Revenue and Profit Growth
Kaynes Tech’s net sales have surged impressively from ₹368.24 crores in March 2020 to ₹2,721.75 crores in March 2025, reflecting a compounded expansion driven by increasing market demand and operational scale. Total operating income mirrored this trend, rising consistently each year without any contribution from other operating income, indicating core business strength.
The company’s operating profit before depreciation, interest, and tax (PBDIT) excluding other income grew from ₹41.34 crores in 2020 to ₹410.70 crores in 2025, with operating profit margins improving steadily to 15.09% in the latest fiscal year. Including other income, operating profit reached ₹517.66 crores in March 2025, more than a tenfold increase from ₹43.27 crores in 2020.

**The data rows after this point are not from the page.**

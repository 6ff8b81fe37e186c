//! What a client writes (RFC 5321, section 4.1.1; RFC 3030, section 2; RFC 3461, section 4). If memory runs out, part
//! of it may have been written.
ghost use Rattle.std.specs.Prelude.{◌≡◌, ◌++◌, ℕ, List, OnOk, if◌then◌else◌};
ghost use Rattle.relay_envelope.specs.Envelope.{mail_text, rcpt_text};
ghost use Rattle.relay_course.specs.Course.{IsSentAs};
ghost use Rattle.relay_course.specs.WrittenLine.{data_line, ehlo_line, helo_line, last_chunk, mail_line, quit_line};
ghost use Rattle.relay_course.specs.WrittenLine.{rcpt_line, rcpt_line_at};

use itoa::Buffer;
use relay_body::{ends_in_line_end, push_dots};
use relay_envelope::{Envelope, Recipient, write_mail, write_rcpt};
use std::alloc::{AllocError, Global};

/// Writes EHLO with this host's name.
pub(crate) fn write_ehlo(out: &mut Vec<u8>, host: &[u8]) -> Result<(), AllocError>
    ensures { OnOk result (out.new.items ≡ out.old.items ++ ehlo_line host.now) }
{
    out.extend_from_slice(b"EHLO ")?;
    out.extend_from_slice(host)?;
    out.extend_from_slice(b"\r\n")
}

/// Writes HELO with this host's name.
pub(crate) fn write_helo(out: &mut Vec<u8>, host: &[u8]) -> Result<(), AllocError>
    ensures { OnOk result (out.new.items ≡ out.old.items ++ helo_line host.now) }
{
    out.extend_from_slice(b"HELO ")?;
    out.extend_from_slice(host)?;
    out.extend_from_slice(b"\r\n")
}

/// Writes MAIL, with its parameters where the server offers DSN.
pub(crate) fn write_mail_line(
    alloc: Global,
    out: &mut Vec<u8>,
    dsn: bool,
    envelope: &Envelope,
) -> Result<(), AllocError>
    ensures { OnOk result (out.new.items ≡ out.old.items ++ mail_line dsn envelope.now) }
{
    out.extend_from_slice(b"MAIL FROM:")?;
    write_reverse_path(alloc, out, dsn, envelope)?;
    out.extend_from_slice(b"\r\n")
}

/// Writes the reverse path, with the parameters of MAIL where the server offers DSN.
fn write_reverse_path(
    alloc: Global,
    out: &mut Vec<u8>,
    dsn: bool,
    envelope: &Envelope,
) -> Result<(), AllocError>
    ensures { OnOk result (out.new.items
        ≡ out.old.items ++ (if dsn then mail_text envelope.now else envelope.now.reverse_path)) }
{
    if dsn {
        let text = write_mail(alloc, envelope)?;
        out.extend_from_slice(text.as_slice())
    } else {
        out.extend_from_slice(envelope.reverse_path.as_slice())
    }
}

/// Writes RCPT, with its parameters where the server offers DSN.
fn write_rcpt_line(
    alloc: Global,
    out: &mut Vec<u8>,
    dsn: bool,
    recipient: &Recipient,
) -> Result<(), AllocError>
    ensures { OnOk result (out.new.items ≡ out.old.items ++ rcpt_line dsn recipient.now) }
{
    out.extend_from_slice(b"RCPT TO:")?;
    write_forward_path(alloc, out, dsn, recipient)?;
    out.extend_from_slice(b"\r\n")
}

/// Writes a forward path, with the parameters of RCPT where the server offers DSN.
fn write_forward_path(
    alloc: Global,
    out: &mut Vec<u8>,
    dsn: bool,
    recipient: &Recipient,
) -> Result<(), AllocError>
    ensures { OnOk result (out.new.items
        ≡ out.old.items ++ (if dsn then rcpt_text recipient.now else recipient.now.path)) }
{
    if dsn {
        let text = write_rcpt(alloc, recipient)?;
        out.extend_from_slice(text.as_slice())
    } else {
        out.extend_from_slice(recipient.path.as_slice())
    }
}

/// Writes the RCPT of a place, from 0, if the envelope has it.
#[tactic(auto, using(crate::proofs::WrittenLemmas::rcpt_at, crate::proofs::WrittenLemmas::rcpt_past))]
pub(crate) fn write_rcpt_at(
    alloc: Global,
    out: &mut Vec<u8>,
    dsn: bool,
    recipients: &[Recipient],
    place: usize,
) -> Result<(), AllocError>
    ensures { OnOk result (out.new.items ≡ out.old.items ++ rcpt_line_at dsn recipients.now place) }
{
    if place < recipients.len() {
        write_rcpt_line(alloc, out, dsn, &recipients[place])
    } else {
        Ok(())
    }
}

/// Writes DATA.
pub(crate) fn write_data(out: &mut Vec<u8>) -> Result<(), AllocError>
    ensures { OnOk result (out.new.items ≡ out.old.items ++ data_line) }
{
    out.extend_from_slice(b"DATA\r\n")
}

/// Writes the dot text of a text that ends in CR LF; another isn't sent after DATA, and nothing is written.
#[tactic(auto, using(crate::proofs::WrittenLemmas::dots_written, crate::proofs::WrittenLemmas::none_written))]
pub(crate) fn write_dot_text(out: &mut Vec<u8>, text: &[u8]) -> Result<(), AllocError>
    ensures { OnOk result ((dot_text : List ℕ) → IsSentAs text.now dot_text
        → out.new.items ≡ out.old.items ++ dot_text) }
{
    if ends_in_line_end(text) {
        push_dots(out, text)
    } else {
        Ok(())
    }
}

/// Writes the text as the one and last chunk.
pub(crate) fn write_last_chunk(out: &mut Vec<u8>, text: &[u8]) -> Result<(), AllocError>
    ensures { OnOk result (out.new.items ≡ out.old.items ++ last_chunk text.now) }
{
    let mut digits = Buffer::new();
    out.extend_from_slice(b"BDAT ")?;
    out.extend_from_slice(digits.format(text.len()).as_bytes())?;
    out.extend_from_slice(b" LAST\r\n")?;
    out.extend_from_slice(text)
}

/// Writes QUIT.
pub(crate) fn write_quit(out: &mut Vec<u8>) -> Result<(), AllocError>
    ensures { OnOk result (out.new.items ≡ out.old.items ++ quit_line) }
{
    out.extend_from_slice(b"QUIT\r\n")
}
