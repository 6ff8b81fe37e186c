//! The commands of a mail transaction, alone or in groups (RFC 5321, section 3.3; RFC 2920, section 3.1).
ghost use Rattle.std.specs.Prelude.{◌≡◌, ◌<◌, ◌+◌, ℕ, List, ◌∷◌, drop, length, IfOk, OnOk, None, Some};
ghost use Rattle.relay_course.specs.Progress.{Delivery, Progress, after_rcpts, gone_on, with_command, with_content};
ghost use Rattle.relay_course.specs.Progress.{with_mail, with_rcpt, with_rcpts};
ghost use Rattle.relay_course.specs.WrittenLine.{mail_line};
ghost use Rattle.relay_client.specs.Conversation.{Does, Holds, IsDeliveryOf};

use crate::command::{write_data, write_last_chunk, write_mail_line, write_rcpt_at};
use crate::conversation::Conversation;
use crate::mail_object::MailObject;
use crate::verdicts::Verdicts;
use relay_body::ends_in_line_end;
use relay_book::Verdict;
use relay_course::Awaited;
use std::alloc::AllocError;

impl Conversation {
    /// MAIL, and the RCPTs in one group with it where PIPELINING is offered.
    pub(crate) fn ask_mail(
        &mut self,
        mail: &MailObject<'_>,
        out: &mut Vec<u8>,
    ) -> Result<(), AllocError>
        ensures { OnOk result ((delivery : Delivery) (old : Progress)
            → Holds self.old delivery old → IsDeliveryOf delivery mail.now
            → Does delivery old (with_mail delivery old) self.new None out.old.items out.new.items) }
    {
        self.ask_mail_alone(mail, out)?;
        if self.extensions.pipelining {
            self.ask_rcpts(mail, out)
        } else {
            Ok(())
        }
    }

    /// MAIL.
    fn ask_mail_alone(&mut self, mail: &MailObject<'_>, out: &mut Vec<u8>) -> Result<(), AllocError>
        ensures { OnOk result ((delivery : Delivery) (old : Progress)
            → Holds self.old delivery old → IsDeliveryOf delivery mail.now
            → Does delivery old (with_command (mail_line old.extensions.dsn delivery.envelope) Awaited.Mail old)
            self.new None out.old.items out.new.items) }
    {
        write_mail_line(self.alloc, out, self.extensions.dsn, mail.envelope)?;
        self.waits.push(Awaited::Mail)?;
        Ok(())
    }

    /// Returns the RCPTs of the places whose RCPT wasn't written yet.
    fn ask_rcpts(&mut self, mail: &MailObject<'_>, out: &mut Vec<u8>) -> Result<(), AllocError>
        ensures { OnOk result ((delivery : Delivery) (old : Progress)
            → Holds self.old delivery old → IsDeliveryOf delivery mail.now
            → Does delivery old (with_rcpts delivery old.unasked old) self.new None out.old.items out.new.items) }
    {
        while self.asked < self.places.len() {
            let place = self.places[self.asked];
            self.ask_rcpt(mail, place, out)?;
        }
        Ok(())
    }

    /// Returns the RCPT of the next place.
    fn ask_rcpt(
        &mut self,
        mail: &MailObject<'_>,
        place: u8,
        out: &mut Vec<u8>,
    ) -> Result<(), AllocError>
        requires { self.old.asked < length self.old.places.items }
        ensures does { OnOk result ((delivery : Delivery) (old : Progress) (more : List ℕ)
            → Holds self.old delivery old → IsDeliveryOf delivery mail.now
            → drop self.old.asked self.old.places.items ≡ place ∷ more
            → Does delivery old (with_rcpt delivery place more old) self.new None out.old.items out.new.items) }
        ensures asked { OnOk result (self.new.asked ≡ self.old.asked + 1) }
        ensures places { self.new.places ≡ self.old.places }
    {
        let recipients = mail.envelope.recipients.as_slice();
        write_rcpt_at(
            self.alloc,
            out,
            self.extensions.dsn,
            recipients,
            place as usize,
        )?;
        self.asked += 1;
        self.waits.push(Awaited::Rcpt(place))?;
        Ok(())
    }

    /// After a reply to MAIL or to a RCPT: where nothing waits the next RCPT, and after the last one the content.
    pub(crate) fn go_on(
        &mut self,
        mail: &MailObject<'_>,
        out: &mut Vec<u8>,
    ) -> Result<Option<Verdicts>, AllocError>
        ensures { IfOk result (λ ended. (delivery : Delivery) (old : Progress)
            → Holds self.old delivery old → IsDeliveryOf delivery mail.now
            → Does delivery old (gone_on delivery old) self.new ended out.old.items out.new.items) }
    {
        if !self.waits.is_empty() {
            return Ok(None);
        }
        if self.asked < self.places.len() {
            let place = self.places[self.asked];
            self.ask_rcpt(mail, place, out)?;
            return Ok(None);
        }
        self.after_rcpts(mail, out)
    }

    /// All RCPTs are answered: the content where a place is left, and else the end.
    fn after_rcpts(
        &mut self,
        mail: &MailObject<'_>,
        out: &mut Vec<u8>,
    ) -> Result<Option<Verdicts>, AllocError>
        ensures { IfOk result (λ ended. (delivery : Delivery) (old : Progress)
            → Holds self.old delivery old → IsDeliveryOf delivery mail.now
            → Does delivery old (after_rcpts delivery old) self.new ended out.old.items out.new.items) }
    {
        if self.settled.has_open() {
            self.ask_content(mail, out)?;
            Ok(None)
        } else {
            Ok(Some(self.end(&Verdict::Later, out)?))
        }
    }

    /// DATA where the text ends in CR LF, and else the text as a chunk.
    fn ask_content(&mut self, mail: &MailObject<'_>, out: &mut Vec<u8>) -> Result<(), AllocError>
        ensures { OnOk result ((delivery : Delivery) (old : Progress)
            → Holds self.old delivery old → IsDeliveryOf delivery mail.now
            → Does delivery old (with_content delivery old) self.new None out.old.items out.new.items) }
    {
        if ends_in_line_end(mail.stored_text) {
            write_data(out)?;
            self.waits.push(Awaited::Data)
        } else {
            write_last_chunk(out, mail.stored_text)?;
            self.waits.push(Awaited::Content)
        }
    }
}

Profit before tax rose sharply from ₹11.28 crores in 2020 to ₹371.62 crores in 2025, while profit after tax (PAT) expanded from ₹9.36 crores to ₹293.43 crores over the same period. This translated into a PAT margin improvement from 2.54% to 10.78%, underscoring enhanced operational efficiency and cost management.
Earnings per share (EPS) followed a similar upward trajectory, climbing from ₹2.32 in 2020 to ₹45.79 in 2025, reflecting strong returns to shareholders amid equity capital increases.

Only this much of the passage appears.